### What you are asked to do
Copy out each line below in which the string "also" appears.

### The input
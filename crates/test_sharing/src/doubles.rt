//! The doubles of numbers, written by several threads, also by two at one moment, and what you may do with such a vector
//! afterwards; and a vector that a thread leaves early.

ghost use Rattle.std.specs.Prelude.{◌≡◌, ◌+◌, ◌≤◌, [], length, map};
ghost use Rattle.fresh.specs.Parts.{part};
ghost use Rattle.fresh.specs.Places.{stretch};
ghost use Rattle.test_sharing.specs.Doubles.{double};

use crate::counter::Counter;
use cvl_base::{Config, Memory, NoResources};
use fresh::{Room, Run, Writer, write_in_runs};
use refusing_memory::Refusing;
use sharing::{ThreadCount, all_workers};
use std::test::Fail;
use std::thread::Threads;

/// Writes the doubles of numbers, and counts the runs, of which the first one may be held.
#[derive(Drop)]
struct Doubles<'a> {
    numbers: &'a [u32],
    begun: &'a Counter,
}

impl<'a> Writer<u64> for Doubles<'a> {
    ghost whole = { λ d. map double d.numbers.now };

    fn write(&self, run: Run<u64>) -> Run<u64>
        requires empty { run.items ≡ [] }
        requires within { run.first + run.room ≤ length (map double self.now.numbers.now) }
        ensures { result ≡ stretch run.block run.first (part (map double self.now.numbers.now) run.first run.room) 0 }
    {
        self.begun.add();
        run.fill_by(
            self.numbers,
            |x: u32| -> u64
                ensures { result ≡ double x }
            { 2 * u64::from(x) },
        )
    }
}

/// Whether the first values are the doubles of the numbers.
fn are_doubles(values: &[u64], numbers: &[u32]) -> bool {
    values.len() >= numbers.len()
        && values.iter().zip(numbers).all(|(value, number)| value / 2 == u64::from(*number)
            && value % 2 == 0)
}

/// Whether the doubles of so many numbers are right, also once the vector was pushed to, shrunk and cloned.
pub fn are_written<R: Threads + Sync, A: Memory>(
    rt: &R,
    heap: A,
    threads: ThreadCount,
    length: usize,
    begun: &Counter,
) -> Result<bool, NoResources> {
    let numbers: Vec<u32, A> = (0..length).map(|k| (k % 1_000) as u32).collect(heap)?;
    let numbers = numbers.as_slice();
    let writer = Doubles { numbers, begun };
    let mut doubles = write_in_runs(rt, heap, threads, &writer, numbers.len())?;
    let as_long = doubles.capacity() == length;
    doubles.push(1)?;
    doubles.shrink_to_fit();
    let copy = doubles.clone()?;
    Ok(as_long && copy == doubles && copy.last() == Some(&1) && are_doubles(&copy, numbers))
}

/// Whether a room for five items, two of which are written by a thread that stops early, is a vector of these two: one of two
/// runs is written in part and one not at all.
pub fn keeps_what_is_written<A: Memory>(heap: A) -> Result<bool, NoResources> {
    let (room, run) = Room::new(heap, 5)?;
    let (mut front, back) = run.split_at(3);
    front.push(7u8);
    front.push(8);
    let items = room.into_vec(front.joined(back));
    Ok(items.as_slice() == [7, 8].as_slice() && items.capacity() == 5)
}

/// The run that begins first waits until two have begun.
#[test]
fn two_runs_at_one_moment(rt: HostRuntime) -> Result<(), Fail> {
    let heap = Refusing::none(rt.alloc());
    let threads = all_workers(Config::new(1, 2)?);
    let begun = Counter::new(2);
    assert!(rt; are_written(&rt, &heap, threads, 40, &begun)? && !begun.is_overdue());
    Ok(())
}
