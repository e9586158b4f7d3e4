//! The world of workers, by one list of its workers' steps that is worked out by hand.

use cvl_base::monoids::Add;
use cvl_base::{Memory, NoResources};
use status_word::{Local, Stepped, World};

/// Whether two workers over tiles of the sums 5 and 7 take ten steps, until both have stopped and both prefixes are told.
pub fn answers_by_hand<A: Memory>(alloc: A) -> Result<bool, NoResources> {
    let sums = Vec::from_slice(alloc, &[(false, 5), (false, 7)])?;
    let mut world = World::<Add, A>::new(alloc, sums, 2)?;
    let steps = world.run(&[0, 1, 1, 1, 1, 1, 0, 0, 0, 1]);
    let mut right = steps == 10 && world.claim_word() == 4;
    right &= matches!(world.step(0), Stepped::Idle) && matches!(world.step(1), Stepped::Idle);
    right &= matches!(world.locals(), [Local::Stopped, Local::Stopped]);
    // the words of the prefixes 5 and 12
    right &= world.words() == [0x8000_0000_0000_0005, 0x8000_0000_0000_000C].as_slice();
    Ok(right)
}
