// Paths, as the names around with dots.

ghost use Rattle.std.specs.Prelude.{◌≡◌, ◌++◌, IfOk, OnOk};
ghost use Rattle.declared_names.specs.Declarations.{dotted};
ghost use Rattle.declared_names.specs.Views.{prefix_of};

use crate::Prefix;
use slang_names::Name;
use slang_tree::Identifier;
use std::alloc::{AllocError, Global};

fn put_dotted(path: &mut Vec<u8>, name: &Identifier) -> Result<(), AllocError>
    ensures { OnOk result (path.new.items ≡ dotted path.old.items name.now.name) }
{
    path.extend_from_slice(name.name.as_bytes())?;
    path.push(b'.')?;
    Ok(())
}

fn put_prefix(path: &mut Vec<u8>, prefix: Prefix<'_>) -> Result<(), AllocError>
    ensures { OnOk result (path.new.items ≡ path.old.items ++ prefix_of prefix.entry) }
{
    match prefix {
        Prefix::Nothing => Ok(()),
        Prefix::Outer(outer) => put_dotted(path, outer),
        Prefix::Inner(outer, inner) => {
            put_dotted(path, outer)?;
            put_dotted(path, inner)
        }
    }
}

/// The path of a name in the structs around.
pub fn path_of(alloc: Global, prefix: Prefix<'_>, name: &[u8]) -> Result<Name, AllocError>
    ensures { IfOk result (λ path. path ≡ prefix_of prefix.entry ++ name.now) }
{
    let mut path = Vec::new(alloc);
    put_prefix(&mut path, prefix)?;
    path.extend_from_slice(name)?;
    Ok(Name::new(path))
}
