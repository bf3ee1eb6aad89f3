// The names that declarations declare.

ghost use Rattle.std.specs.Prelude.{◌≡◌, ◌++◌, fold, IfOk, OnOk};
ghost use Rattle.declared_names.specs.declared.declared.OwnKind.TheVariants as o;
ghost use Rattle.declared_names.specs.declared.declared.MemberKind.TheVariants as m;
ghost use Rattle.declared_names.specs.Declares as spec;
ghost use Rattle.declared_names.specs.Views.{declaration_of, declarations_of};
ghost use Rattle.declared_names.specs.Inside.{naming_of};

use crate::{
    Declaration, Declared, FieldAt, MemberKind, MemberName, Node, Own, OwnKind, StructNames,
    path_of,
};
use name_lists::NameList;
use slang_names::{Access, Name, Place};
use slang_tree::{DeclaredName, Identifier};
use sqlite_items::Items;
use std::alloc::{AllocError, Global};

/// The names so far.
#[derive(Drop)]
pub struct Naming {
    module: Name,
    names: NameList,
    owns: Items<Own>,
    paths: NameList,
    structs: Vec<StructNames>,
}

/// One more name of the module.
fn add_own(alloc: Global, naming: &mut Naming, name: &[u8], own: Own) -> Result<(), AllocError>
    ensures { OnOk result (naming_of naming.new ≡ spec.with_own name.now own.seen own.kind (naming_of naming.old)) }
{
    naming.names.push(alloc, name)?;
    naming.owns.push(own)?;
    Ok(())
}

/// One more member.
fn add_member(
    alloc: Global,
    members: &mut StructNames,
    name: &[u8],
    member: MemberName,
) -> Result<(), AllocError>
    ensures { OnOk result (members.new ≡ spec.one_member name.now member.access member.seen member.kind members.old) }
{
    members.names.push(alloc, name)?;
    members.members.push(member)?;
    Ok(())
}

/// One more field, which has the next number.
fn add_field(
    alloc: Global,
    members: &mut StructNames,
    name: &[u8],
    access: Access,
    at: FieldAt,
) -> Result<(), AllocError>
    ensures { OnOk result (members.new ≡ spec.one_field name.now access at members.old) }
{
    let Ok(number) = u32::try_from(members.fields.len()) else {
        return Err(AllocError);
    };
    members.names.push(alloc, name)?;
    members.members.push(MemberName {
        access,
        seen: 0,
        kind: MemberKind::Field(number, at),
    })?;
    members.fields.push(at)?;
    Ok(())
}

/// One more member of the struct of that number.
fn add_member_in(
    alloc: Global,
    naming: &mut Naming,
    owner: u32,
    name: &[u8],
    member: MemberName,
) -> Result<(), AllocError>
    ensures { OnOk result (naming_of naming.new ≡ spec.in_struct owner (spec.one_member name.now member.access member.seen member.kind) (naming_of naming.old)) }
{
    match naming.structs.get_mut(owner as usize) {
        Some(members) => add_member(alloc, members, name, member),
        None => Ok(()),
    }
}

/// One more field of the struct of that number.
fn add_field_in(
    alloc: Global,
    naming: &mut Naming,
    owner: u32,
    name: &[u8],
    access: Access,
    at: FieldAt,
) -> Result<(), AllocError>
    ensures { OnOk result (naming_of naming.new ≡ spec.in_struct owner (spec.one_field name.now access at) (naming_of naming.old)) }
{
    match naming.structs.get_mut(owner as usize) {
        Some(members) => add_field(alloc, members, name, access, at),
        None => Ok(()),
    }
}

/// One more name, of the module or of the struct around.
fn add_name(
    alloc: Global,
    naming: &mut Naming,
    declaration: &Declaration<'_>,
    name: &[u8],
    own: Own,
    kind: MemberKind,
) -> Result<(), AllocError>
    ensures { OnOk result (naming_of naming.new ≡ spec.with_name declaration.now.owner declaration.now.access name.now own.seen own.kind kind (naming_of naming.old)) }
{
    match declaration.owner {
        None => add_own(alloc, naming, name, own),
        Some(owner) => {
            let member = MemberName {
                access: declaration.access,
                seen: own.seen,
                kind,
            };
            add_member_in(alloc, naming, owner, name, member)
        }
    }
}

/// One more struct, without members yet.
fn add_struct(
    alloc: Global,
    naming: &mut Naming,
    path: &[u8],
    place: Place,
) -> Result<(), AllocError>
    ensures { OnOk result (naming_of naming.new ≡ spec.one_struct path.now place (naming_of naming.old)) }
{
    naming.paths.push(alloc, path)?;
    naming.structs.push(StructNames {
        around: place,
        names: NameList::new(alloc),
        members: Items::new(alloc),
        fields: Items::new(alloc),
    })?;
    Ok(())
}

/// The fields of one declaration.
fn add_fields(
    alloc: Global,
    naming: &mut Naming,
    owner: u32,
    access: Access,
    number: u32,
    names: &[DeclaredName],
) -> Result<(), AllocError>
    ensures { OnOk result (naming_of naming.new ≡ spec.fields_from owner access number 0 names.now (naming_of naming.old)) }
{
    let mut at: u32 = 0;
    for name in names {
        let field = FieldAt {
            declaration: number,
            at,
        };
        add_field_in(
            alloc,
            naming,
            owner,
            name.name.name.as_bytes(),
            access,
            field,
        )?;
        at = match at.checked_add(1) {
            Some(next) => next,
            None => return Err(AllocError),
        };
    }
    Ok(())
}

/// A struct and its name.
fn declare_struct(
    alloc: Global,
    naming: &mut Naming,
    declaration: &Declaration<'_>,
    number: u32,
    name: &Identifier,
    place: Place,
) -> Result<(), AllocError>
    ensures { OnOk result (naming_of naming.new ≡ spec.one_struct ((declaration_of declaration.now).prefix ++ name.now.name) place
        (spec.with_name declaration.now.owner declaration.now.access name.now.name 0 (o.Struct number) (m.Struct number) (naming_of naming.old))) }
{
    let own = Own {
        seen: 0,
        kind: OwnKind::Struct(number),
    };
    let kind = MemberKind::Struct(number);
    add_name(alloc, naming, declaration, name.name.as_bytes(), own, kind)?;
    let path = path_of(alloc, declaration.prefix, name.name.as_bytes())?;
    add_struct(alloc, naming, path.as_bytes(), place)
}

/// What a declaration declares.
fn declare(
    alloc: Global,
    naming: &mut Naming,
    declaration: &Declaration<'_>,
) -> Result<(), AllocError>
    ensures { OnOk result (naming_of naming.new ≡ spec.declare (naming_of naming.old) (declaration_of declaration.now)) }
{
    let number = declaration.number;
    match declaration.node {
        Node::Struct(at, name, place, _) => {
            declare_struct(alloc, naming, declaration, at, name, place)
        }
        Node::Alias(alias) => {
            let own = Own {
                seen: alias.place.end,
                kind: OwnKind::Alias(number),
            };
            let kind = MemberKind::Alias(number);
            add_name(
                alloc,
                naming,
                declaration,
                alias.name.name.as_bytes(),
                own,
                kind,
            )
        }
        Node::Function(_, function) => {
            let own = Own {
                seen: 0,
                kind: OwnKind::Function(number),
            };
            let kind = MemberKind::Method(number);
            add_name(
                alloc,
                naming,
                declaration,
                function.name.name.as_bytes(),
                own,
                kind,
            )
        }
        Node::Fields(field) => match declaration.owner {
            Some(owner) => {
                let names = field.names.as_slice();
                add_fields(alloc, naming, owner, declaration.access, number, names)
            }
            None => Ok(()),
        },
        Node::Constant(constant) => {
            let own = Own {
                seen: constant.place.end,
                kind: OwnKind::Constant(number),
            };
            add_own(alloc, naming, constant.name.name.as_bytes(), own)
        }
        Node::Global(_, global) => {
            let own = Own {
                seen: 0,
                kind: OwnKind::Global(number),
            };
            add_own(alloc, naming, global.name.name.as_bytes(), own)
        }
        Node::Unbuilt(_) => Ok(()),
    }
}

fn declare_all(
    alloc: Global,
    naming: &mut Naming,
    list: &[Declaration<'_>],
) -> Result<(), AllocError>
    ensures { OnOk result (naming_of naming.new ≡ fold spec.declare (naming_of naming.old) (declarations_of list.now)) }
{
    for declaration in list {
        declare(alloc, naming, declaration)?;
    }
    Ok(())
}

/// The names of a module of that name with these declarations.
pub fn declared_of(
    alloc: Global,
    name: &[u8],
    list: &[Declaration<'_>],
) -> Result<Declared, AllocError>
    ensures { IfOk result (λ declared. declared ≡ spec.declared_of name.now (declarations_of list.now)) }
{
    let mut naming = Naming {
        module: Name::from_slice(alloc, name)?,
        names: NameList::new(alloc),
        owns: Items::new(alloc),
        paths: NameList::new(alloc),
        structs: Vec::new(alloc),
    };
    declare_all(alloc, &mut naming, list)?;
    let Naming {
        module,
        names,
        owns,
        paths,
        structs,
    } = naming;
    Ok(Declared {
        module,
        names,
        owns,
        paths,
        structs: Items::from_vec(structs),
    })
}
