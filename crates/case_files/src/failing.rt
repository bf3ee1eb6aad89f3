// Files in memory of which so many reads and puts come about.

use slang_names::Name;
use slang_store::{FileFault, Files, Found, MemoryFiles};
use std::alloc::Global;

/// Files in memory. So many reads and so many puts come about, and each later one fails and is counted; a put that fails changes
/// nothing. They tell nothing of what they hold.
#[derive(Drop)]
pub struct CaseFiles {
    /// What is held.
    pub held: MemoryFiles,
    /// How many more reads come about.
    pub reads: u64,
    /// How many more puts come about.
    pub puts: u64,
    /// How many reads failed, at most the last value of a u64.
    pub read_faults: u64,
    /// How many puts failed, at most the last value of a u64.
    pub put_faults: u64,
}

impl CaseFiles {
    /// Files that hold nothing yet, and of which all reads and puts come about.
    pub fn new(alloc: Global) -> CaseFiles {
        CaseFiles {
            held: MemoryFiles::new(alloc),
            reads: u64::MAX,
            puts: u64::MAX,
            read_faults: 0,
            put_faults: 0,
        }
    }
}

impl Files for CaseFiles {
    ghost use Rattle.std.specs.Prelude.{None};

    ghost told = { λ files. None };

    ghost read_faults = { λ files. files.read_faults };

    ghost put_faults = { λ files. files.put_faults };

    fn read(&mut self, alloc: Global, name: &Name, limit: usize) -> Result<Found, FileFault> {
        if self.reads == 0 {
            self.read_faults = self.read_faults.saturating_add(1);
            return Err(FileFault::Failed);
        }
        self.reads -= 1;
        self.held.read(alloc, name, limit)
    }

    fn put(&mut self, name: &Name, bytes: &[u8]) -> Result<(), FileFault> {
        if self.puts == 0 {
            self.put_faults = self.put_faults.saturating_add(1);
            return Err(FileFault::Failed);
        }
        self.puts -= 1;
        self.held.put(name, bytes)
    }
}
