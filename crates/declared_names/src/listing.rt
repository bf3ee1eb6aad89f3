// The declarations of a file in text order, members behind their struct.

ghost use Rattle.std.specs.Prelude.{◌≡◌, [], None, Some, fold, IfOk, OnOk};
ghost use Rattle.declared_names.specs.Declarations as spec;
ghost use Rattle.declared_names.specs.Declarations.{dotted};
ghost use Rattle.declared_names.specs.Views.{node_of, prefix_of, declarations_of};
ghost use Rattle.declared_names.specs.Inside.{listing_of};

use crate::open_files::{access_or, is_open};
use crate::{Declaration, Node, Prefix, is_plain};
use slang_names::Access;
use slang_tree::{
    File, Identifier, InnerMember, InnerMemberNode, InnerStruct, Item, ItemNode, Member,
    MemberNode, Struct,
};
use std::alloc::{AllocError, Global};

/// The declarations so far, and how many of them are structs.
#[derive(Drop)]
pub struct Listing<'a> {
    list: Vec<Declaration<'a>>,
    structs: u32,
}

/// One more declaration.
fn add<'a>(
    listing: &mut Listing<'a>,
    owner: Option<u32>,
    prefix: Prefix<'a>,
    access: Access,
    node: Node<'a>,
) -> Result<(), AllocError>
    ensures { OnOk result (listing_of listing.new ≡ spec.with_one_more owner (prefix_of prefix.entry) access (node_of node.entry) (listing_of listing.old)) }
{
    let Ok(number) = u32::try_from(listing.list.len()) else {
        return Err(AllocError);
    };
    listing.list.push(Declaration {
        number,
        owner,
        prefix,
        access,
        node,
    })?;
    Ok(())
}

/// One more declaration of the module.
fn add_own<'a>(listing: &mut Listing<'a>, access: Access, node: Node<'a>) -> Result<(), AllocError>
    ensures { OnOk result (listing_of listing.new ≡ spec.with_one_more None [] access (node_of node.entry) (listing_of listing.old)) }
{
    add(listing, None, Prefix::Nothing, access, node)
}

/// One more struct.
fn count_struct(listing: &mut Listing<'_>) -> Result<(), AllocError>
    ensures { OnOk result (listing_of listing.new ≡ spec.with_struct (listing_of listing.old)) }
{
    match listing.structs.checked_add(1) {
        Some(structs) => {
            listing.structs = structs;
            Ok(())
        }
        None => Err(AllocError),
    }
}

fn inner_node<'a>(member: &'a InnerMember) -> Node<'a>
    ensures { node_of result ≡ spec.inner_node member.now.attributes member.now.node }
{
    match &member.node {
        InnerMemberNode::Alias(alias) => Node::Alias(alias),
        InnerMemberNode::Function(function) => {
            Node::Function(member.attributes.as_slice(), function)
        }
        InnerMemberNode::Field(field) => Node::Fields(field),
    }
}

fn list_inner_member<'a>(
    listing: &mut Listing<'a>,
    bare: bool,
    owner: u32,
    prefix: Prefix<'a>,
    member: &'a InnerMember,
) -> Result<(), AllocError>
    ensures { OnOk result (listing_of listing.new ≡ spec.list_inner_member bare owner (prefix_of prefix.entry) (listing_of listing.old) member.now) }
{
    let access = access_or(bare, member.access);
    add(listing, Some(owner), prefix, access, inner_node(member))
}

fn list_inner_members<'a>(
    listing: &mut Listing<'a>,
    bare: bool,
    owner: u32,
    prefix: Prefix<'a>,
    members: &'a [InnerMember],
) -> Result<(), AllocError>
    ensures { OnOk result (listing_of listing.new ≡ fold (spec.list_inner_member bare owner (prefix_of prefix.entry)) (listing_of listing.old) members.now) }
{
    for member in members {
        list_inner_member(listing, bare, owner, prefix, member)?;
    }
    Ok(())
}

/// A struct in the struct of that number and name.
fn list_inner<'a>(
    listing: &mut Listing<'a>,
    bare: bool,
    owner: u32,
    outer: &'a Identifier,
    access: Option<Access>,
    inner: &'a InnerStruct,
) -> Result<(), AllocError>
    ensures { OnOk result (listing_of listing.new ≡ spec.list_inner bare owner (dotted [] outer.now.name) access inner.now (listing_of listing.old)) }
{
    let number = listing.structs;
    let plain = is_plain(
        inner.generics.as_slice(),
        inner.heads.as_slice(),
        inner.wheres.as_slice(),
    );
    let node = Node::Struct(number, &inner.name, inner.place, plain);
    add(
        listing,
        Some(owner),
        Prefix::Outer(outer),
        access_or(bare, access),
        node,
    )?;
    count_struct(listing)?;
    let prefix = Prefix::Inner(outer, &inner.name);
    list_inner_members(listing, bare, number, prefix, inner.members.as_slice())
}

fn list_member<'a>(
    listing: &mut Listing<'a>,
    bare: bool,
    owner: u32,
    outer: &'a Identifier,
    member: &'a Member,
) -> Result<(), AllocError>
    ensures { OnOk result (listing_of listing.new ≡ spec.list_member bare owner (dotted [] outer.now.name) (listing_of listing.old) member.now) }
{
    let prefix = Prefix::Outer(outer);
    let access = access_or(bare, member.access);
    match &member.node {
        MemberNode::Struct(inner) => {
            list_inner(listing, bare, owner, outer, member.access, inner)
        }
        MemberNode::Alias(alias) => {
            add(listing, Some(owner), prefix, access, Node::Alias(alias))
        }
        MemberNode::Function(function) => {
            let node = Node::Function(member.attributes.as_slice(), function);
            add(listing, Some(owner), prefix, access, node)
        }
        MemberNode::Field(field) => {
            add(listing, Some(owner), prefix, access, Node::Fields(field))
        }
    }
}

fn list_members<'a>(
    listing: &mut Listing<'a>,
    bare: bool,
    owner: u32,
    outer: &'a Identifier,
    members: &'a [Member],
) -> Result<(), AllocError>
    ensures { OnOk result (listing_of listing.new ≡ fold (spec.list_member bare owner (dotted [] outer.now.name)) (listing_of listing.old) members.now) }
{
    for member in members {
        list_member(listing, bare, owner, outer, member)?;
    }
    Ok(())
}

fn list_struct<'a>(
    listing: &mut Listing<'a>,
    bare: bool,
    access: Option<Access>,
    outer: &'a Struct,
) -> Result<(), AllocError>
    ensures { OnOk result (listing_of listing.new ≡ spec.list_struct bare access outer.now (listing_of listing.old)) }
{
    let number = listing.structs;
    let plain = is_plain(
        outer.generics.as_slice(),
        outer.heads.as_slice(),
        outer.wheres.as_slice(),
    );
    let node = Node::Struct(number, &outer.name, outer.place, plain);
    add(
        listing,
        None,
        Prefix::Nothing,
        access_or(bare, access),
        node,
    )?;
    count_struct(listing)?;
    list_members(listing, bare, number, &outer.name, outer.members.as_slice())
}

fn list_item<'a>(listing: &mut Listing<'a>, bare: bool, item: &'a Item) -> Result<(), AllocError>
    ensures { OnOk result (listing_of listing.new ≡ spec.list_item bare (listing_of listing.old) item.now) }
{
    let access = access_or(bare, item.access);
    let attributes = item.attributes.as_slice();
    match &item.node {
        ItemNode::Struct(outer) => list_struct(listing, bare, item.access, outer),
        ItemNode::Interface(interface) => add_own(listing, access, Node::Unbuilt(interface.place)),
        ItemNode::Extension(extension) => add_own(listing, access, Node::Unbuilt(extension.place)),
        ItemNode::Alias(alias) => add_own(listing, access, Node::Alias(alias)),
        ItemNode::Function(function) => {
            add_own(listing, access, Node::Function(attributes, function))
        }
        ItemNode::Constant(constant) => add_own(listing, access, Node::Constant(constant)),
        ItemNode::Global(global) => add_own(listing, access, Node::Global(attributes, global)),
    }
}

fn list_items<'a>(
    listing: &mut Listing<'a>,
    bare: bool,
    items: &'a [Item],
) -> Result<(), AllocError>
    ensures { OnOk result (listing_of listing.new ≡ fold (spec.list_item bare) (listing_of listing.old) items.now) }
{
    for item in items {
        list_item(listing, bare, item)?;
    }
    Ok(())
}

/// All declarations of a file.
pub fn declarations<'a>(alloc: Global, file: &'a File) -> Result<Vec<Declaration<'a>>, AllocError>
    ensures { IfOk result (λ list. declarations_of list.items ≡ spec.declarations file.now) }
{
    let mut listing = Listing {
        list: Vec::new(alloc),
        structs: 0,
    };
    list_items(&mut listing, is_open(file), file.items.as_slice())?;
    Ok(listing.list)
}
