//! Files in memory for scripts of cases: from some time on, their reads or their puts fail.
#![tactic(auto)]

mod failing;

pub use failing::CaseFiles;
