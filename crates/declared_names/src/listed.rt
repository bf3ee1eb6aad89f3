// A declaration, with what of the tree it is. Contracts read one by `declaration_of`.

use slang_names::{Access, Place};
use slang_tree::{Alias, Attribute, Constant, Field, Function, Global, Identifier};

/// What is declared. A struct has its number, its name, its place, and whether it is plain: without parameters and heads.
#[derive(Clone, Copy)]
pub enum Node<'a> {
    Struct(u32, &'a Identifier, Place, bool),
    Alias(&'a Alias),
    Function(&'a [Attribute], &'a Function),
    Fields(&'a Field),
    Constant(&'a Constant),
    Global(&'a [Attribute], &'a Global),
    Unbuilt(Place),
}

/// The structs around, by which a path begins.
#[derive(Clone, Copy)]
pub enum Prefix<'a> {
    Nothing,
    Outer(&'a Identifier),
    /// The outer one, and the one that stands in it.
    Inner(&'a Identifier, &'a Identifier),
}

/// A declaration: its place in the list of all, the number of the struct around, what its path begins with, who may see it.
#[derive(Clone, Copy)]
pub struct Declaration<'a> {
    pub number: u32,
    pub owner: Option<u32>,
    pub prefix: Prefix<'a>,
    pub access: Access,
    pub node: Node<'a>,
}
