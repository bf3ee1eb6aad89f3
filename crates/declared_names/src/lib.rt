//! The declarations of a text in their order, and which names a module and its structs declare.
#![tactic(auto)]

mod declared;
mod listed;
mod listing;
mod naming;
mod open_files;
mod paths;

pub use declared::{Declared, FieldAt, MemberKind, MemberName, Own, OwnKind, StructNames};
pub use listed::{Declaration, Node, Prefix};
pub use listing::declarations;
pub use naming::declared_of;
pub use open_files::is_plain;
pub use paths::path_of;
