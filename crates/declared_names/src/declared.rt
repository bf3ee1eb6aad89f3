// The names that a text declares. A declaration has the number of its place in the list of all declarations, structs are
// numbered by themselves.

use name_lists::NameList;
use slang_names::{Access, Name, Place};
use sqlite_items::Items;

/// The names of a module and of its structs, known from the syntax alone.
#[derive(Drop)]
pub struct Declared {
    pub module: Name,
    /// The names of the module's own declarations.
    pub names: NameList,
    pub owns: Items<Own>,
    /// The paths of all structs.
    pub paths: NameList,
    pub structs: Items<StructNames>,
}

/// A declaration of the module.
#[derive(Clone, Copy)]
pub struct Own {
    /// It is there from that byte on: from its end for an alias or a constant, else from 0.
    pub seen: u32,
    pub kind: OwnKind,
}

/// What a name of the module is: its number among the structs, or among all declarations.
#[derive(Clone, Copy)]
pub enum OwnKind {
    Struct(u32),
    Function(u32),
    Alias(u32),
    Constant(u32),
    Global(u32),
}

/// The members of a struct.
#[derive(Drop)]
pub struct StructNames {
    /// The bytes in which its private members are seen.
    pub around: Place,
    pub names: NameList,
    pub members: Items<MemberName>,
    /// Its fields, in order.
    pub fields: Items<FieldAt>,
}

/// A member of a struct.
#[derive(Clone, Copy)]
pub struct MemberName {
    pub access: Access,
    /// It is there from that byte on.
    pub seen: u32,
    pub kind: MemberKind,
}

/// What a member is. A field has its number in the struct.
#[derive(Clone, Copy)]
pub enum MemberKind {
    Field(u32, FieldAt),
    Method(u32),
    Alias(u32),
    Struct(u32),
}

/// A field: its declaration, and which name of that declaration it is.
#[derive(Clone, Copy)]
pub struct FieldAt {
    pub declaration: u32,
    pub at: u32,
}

### Problem solution
//! The doubles of numbers, written by several threads, also by two at one moment, and what you may do with such a vector
/// Whether the doubles of so many numbers are right, also once the vector was pushed to, shrunk and cloned.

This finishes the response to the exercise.